**WHAT IS EXPECTED**
Each line of the data must be set down again without a single difference.

Dataset entries:
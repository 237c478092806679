//! What calls make of requests, in the standard's words (MPI 4.1, chapters 3.7 and 3.9).

ghost use Rattle.mp_request.specs.CallLaws.{NothingLaw, RoundLaw, StartLaw, StatesLaw, TestLaw};

/// The null request is never open, and neither its start nor its completion changes anything; a handle that names
/// nothing has no state.
pub fn nothing_law()
    ensures { NothingLaw }
{}

/// An ordinary request is active from the call that opened it; a persistent one is inactive or active.
pub fn states_law()
    ensures { StatesLaw }
{}

/// A started request is active and transfers what it did; a persistent one that is started and completed is what it
/// was. No other handle names anything else.
pub fn start_law()
    ensures started { StartLaw }
    ensures round { RoundLaw }
{}

/// Handles may be tested together exactly where each is null or names an open request that isn't partitioned, and none
/// of an active request stands twice.
pub fn test_law()
    ensures { TestLaw }
{}
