//! Ribbons: all arrows of one phase of a link have one behind them, so that they read as one thing.

use crate::forms::{BETWEEN, RIBBON};
use crate::layout::Layout;
use crate::pieces::Piece::{Across, Number, Rank};
use crate::pieces::put;
use rvmc_draw::Carried;
use std::alloc::{AllocError, Global};
use std::io;

/// The ribbon of a phase: from the sender's lane to the other, behind all of its arrows.
#[derive(Drop)]
struct Ribbon {
    link: u8,
    phase: u64,
    rank: u8,
    from: u64,
    to: u64,
    /// The rows between which the arrows begin, and those between which they end.
    from_top: u64,
    from_foot: u64,
    to_top: u64,
    to_foot: u64,
    /// How many arrows there are.
    count: u64,
}

/// The ribbons of all phases of which a partition got to a step, in the order of their first arrows.
fn ribbons(alloc: Global, layout: &Layout<'_>) -> Result<Vec<Ribbon>, AllocError> {
    let mut ribbons: Vec<Ribbon> = Vec::new(alloc);
    for arrow in layout.drawing.arrows.as_slice() {
        let Carried::Partition { link, phase, .. } = arrow.carried else {
            continue;
        };
        if arrow.to.is_none() {
            continue;
        }
        let line = layout.line_of(arrow);
        let mut is_new = true;
        for ribbon in ribbons.as_mut_slice() {
            if ribbon.link == link && ribbon.phase == phase {
                ribbon.from_top = ribbon.from_top.min(line.from_row);
                ribbon.from_foot = ribbon.from_foot.max(line.from_row);
                ribbon.to_top = ribbon.to_top.min(line.to_row);
                ribbon.to_foot = ribbon.to_foot.max(line.to_row);
                ribbon.count = ribbon.count.saturating_add(1);
                is_new = false;
            }
        }
        if is_new {
            ribbons.push(Ribbon {
                link,
                phase,
                rank: arrow.from.rank,
                from: line.from,
                to: line.to,
                from_top: line.from_row,
                from_foot: line.from_row,
                to_top: line.to_row,
                to_foot: line.to_row,
                count: 1,
            })?;
        }
    }
    Ok(ribbons)
}

/// Adds a ribbon.
fn put_ribbon(text: &mut Vec<u8>, ribbon: &Ribbon) -> io::Result<()> {
    let left = ribbon.from.min(ribbon.to);
    let wide = ribbon.from.max(ribbon.to).saturating_sub(left);
    let top = ribbon.from_top.min(ribbon.to_top);
    let high = ribbon.from_foot.max(ribbon.to_foot).saturating_sub(top);
    let (begin, end) = if ribbon.from < ribbon.to {
        (0, 100)
    } else {
        (100, 0)
    };
    put(
        text,
        RIBBON,
        &[Across(left), Across(wide), Number(top), Number(high.max(1))],
    )?;
    put(
        text,
        BETWEEN,
        &[
            Rank(ribbon.rank),
            Number(begin),
            Number(ribbon.from_top.saturating_sub(top)),
            Number(end),
            Number(ribbon.to_top.saturating_sub(top)),
            Number(ribbon.to_foot.saturating_sub(top)),
            Number(ribbon.from_foot.saturating_sub(top)),
        ],
    )
}

/// Adds a ribbon for each phase of a link that has several arrows.
pub(crate) fn put_ribbons(
    alloc: Global,
    text: &mut Vec<u8>,
    layout: &Layout<'_>,
) -> io::Result<()> {
    let ribbons = ribbons(alloc, layout)?;
    for ribbon in ribbons.as_slice() {
        if ribbon.count > 1 {
            put_ribbon(text, ribbon)?;
        }
    }
    Ok(())
}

**OUTPUT OF THE TASK**
repository 237c478092806679
//! What calls make of requests, in the standard's words (MPI 4.1, chapters 3.7 and 3.9).

ghost use Rattle.mp_request.specs.CallLaws.{NothingLaw, RoundLaw, StartLaw, StatesLaw, TestLaw};

/// The null request is never open, and neither its start nor its completion changes anything; a handle that names
/// nothing has no state.
pub fn nothing_law()
    ensures { NothingLaw }
{}

/// An ordinary request is active from the call that opened it; a persistent one is inactive or active.
pub fn states_law()
    ensures { StatesLaw }
{}

/// A started request is active and transfers what it did; a persistent one that is started and completed is what it
/// was. No other handle names anything else.
pub fn start_law()
    ensures started { StartLaw }
    ensures round { RoundLaw }
{}

/// Handles may be tested together exactly where each is null or names an open request that isn't partitioned, and none
/// of an active request stands twice.
pub fn test_law()
    ensures { TestLaw }
{}
//! Ribbons: all arrows of one phase of a link have one behind them, so that they read as one thing.

use crate::forms::{BETWEEN, RIBBON};
use crate::layout::Layout;
use crate::pieces::Piece::{Across, Number, Rank};
use crate::pieces::put;
use rvmc_draw::Carried;
use std::alloc::{AllocError, Global};
use std::io;

/// The ribbon of a phase: from the sender's lane to the other, behind all of its arrows.
#[derive(Drop)]
struct Ribbon {
    link: u8,
    phase: u64,
    rank: u8,
    from: u64,
    to: u64,
    /// The rows between which the arrows begin, and those between which they end.
    from_top: u64,
    from_foot: u64,
    to_top: u64,
    to_foot: u64,
    /// How many arrows there are.
    count: u64,
}

/// The ribbons of all phases of which a partition got to a step, in the order of their first arrows.
fn ribbons(alloc: Global, layout: &Layout<'_>) -> Result<Vec<Ribbon>, AllocError> {
    let mut ribbons: Vec<Ribbon> = Vec::new(alloc);
    for arrow in layout.drawing.arrows.as_slice() {
        let Carried::Partition { link, phase, .. } = arrow.carried else {
            continue;
        };
        if arrow.to.is_none() {
            continue;
        }
        let line = layout.line_of(arrow);
        let mut is_new = true;
        for ribbon in ribbons.as_mut_slice() {
            if ribbon.link == link && ribbon.phase == phase {
                ribbon.from_top = ribbon.from_top.min(line.from_row);
                ribbon.from_foot = ribbon.from_foot.max(line.from_row);
                ribbon.to_top = ribbon.to_top.min(line.to_row);
                ribbon.to_foot = ribbon.to_foot.max(line.to_row);
                ribbon.count = ribbon.count.saturating_add(1);
                is_new = false;
            }
        }
        if is_new {
            ribbons.push(Ribbon {
                link,
                phase,
                rank: arrow.from.rank,
                from: line.from,
                to: line.to,
                from_top: line.from_row,
                from_foot: line.from_row,
                to_top: line.to_row,
                to_foot: line.to_row,
                count: 1,
            })?;
        }
    }
    Ok(ribbons)
}

/// Adds a ribbon.
fn put_ribbon(text: &mut Vec<u8>, ribbon: &Ribbon) -> io::Result<()> {
    let left = ribbon.from.min(ribbon.to);
    let wide = ribbon.from.max(ribbon.to).saturating_sub(left);
    let top = ribbon.from_top.min(ribbon.to_top);
    let high = ribbon.from_foot.max(ribbon.to_foot).saturating_sub(top);
    let (begin, end) = if ribbon.from < ribbon.to {
        (0, 100)
    } else {
        (100, 0)
    };
    put(
        text,
        RIBBON,
        &[Across(left), Across(wide), Number(top), Number(high.max(1))],
    )?;
    put(
        text,
        BETWEEN,
        &[
            Rank(ribbon.rank),
            Number(begin),
            Number(ribbon.from_top.saturating_sub(top)),
            Number(end),
            Number(ribbon.to_top.saturating_sub(top)),
            Number(ribbon.to_foot.saturating_sub(top)),
            Number(ribbon.from_foot.saturating_sub(top)),
        ],
    )
}

/// Adds a ribbon for each phase of a link that has several arrows.
pub(crate) fn put_ribbons(
    alloc: Global,
    text: &mut Vec<u8>,
    layout: &Layout<'_>,
) -> io::Result<()> {
    let ribbons = ribbons(alloc, layout)?;
    for ribbon in ribbons.as_slice() {
        if ribbon.count > 1 {
            put_ribbon(text, ribbon)?;
        }
    }
    Ok(())
}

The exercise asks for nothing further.